Student groups have praised the Houthis, an Islamist rebel group in Yemen, as they chanted “Yemen, Yemen, make us proud—turn another ship around!” The Houthis, a group that has in its slogan “curse upon the Jews.” They have more recently chanted for intifada. Intifadas, periods of time which saw innocent Jews killed on the bus, at the Seder table, or in a pizza shop.
Never before have I felt so unsafe in my Jewish identity. Not in the South, not in a church, not anywhere. Here is the thing: when someone tells me I’ll go to hell for being Jewish, that is not real. I know it’s a fairy tale, and I know the hell they’re speaking of does not exist. However, when you praise Jewish death as it happens, that is real, tangible. Actual people died, and no amount of intellectualizing can remove us from that reality.
But G-d forbid a Jew on campus tries to call out this simple reality: the reality that dozens of prominent clubs on campus have glorified our death as “resistance.” When we do, we are told we are weaponizing antisemitism, that it is criticism of Israel and Zionism—not hatred toward Jews. Shockingly, we are even sometimes told this from fellow Jews. But I have heard this before. When confronting my Christian peers, they tell me they hate the sin not the sinner. They tell me they’ll pray for me, because they still love me. At least these people have some level of plausible deniability, but it is a joke to say the same for the “well-meaning” leftists who glorify the violence of Hamas. How could you love me, and my people, while actively romanticizing our violent end?
Since initially writing this article, an encampment had been set up on the main green to protest the war against Hamas and call for a ceasefire. It is a valiant cause, and a worthy end goal. I myself would like to see an end to the violence and bloodshed. I dream of days where Palestinians and Israelis can live side by side, in peace. However, this cannot come through the destruction of Israel. It cannot come without a release of the hostages. These are the facts. Yet there was no mention of the hostages at the encampment. In the artwork sprawling across the grass, there existed the map of Israel-Palestine with the Palestinian flag painted within it—artwork that seems to symbolize the destruction of the world’s only Jewish state. How can I align myself with these values? In a world in which states don’t peacefully disappear, these are not calls for peace—they are the calls of a warmonger. At Columbia we have seen Jewish students intimidated and harassed on the mere suspicion they may be a “Zionist” (read: a bad Jew). The existence of Brown’s encampment not only was inspired by, but is in solidarity with Columbia’s protest. Despite this, there has yet to be condemnation from the Brown Divest Coalition. This silence speaks volumes. It speaks volumes because without condemnation, there is a tacit endorsement. The reality is while many (even the vast majority) in the pro-Palestinian movement may have good intentions, may genuinely care about the conditions of Palestine and the Palestinian right to self-determination, the movement itself has been hijacked as a means for Jew-hatred.

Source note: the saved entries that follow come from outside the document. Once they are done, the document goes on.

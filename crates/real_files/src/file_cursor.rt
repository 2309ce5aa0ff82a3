//! Reading and writing at a place of a file, whole or as far as it goes.
ghost use Rattle.std.specs.Prelude.{◌≡◌, ◌≢◌, ◌⊎◌, ◌-◌, ◌≤◌, length, take, OnOk, IfOk, IfErr};
ghost use Rattle.std.specs.Io.KnownBytes.{Appends, Consumes, IsAtEnd};
ghost use Rattle.std.specs.IoError.{error_kind};

use std::io::{self, ErrorKind, Read, Write};
use std::os::unix::fs::FileExt;

/// A place of a file, from which reads and writes go on. Each is one call of the system.
#[derive(Drop)]
pub struct FileCursor<'a, F: FileExt> {
    file: &'a F,
    pos: u64,
}

impl<'a, F: FileExt> FileCursor<'a, F> {
    /// The place at a position from the file's start.
    pub fn new(file: &'a F, pos: u64) -> FileCursor<'a, F> {
        FileCursor { file, pos }
    }
}

impl<'a, F: FileExt> Read for FileCursor<'a, F> {
    fn read(&mut self, buf: &mut [u8]) -> io::Result<usize> {
        let n = self.file.read_at(buf, self.pos)?;
        self.pos = self.pos.saturating_add(n as u64);
        Ok(n)
    }
}

impl<'a, F: FileExt> Write for FileCursor<'a, F> {
    fn write(&mut self, buf: &[u8]) -> io::Result<usize> {
        let n = self.file.write_at(buf, self.pos)?;
        self.pos = self.pos.saturating_add(n as u64);
        Ok(n)
    }

    fn flush(&mut self) -> io::Result<()> {
        Ok(())
    }
}

/// How far reads filled a buffer, and why they ended there.
#[derive(Drop)]
pub struct Filled {
    /// How many bytes came, at the buffer's front.
    pub got: usize,
    /// The error of the read that failed.
    pub outcome: io::Result<()>,
}

/// Reads until the buffer is full, the bytes end or a read fails. One that is interrupted is made again.
pub fn fill<R: Read>(reader: &mut R, buf: &mut [u8]) -> Filled
    ensures count { result.got ≤ length buf.old }
    ensures same { length buf.new ≡ length buf.old }
    ensures came { Consumes (R.remaining reader.old) (R.remaining reader.new) (take result.got buf.new) }
    ensures end { OnOk result.outcome ((result.got ≡ length buf.old) ⊎ IsAtEnd (R.remaining reader.new)) }
    ensures again { IfErr result.outcome (λ e. error_kind e ≢ ErrorKind.Interrupted) }
{
    let mut got = 0;
    for _ in 0..u64::MAX {
        if got >= buf.len() {
            break;
        }
        match reader.read(&mut buf[got..]) {
            Ok(0) => {
                return Filled {
                    got,
                    outcome: Ok(()),
                };
            }
            Ok(n) => got += n,
            Err(e) if e.kind() == ErrorKind::Interrupted => {}
            Err(e) => {
                return Filled {
                    got,
                    outcome: Err(e),
                };
            }
        }
    }
    let outcome = if got >= buf.len() {
        Ok(())
    } else {
        Err(io::Error::from(ErrorKind::TimedOut))
    };
    Filled { got, outcome }
}

/// Reads until the buffer is full or the bytes end.
pub fn read_full<R: Read>(reader: &mut R, buf: &mut [u8]) -> io::Result<usize>
    ensures count { IfOk result (λ n. n ≤ length buf.old) }
    ensures came { IfOk result (λ n. Consumes (R.remaining reader.old) (R.remaining reader.new) (take n buf.new)) }
    ensures end { IfOk result (λ n. (n ≡ length buf.old) ⊎ IsAtEnd (R.remaining reader.new)) }
    ensures again { IfErr result (λ e. error_kind e ≢ ErrorKind.Interrupted) }
{
    let Filled { got, outcome } = fill(reader, buf);
    outcome?;
    Ok(got)
}

/// Writes a whole piece. A write that is interrupted is made again, and one that takes nothing is an error.
pub fn put<W: Write>(writer: &mut W, piece: &[u8]) -> io::Result<()>
    ensures { OnOk result (Appends (W.contents writer.old) (W.contents writer.new) piece.now) }
{
    writer.write_all(piece)
}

As Jews, we are yelling into a void trying to fight this perverse trend of antisemitism. But because there is a small minority of Jews who disagree, students on campus listen to them since it is more comfortable than confronting the reality of Jew-hatred. When Jonathan Greenblatt comes to speak on campus, they decide to listen to the Jews who walked out instead of those who stayed: Why? Would these students feel so comfortable tokenizing a member of any other minority group in the same way they tokenize Jewish people? We are screaming for this campus to wake up, and it is due time people take the energy they would put toward gaslighting us into actually listening to what we have to say.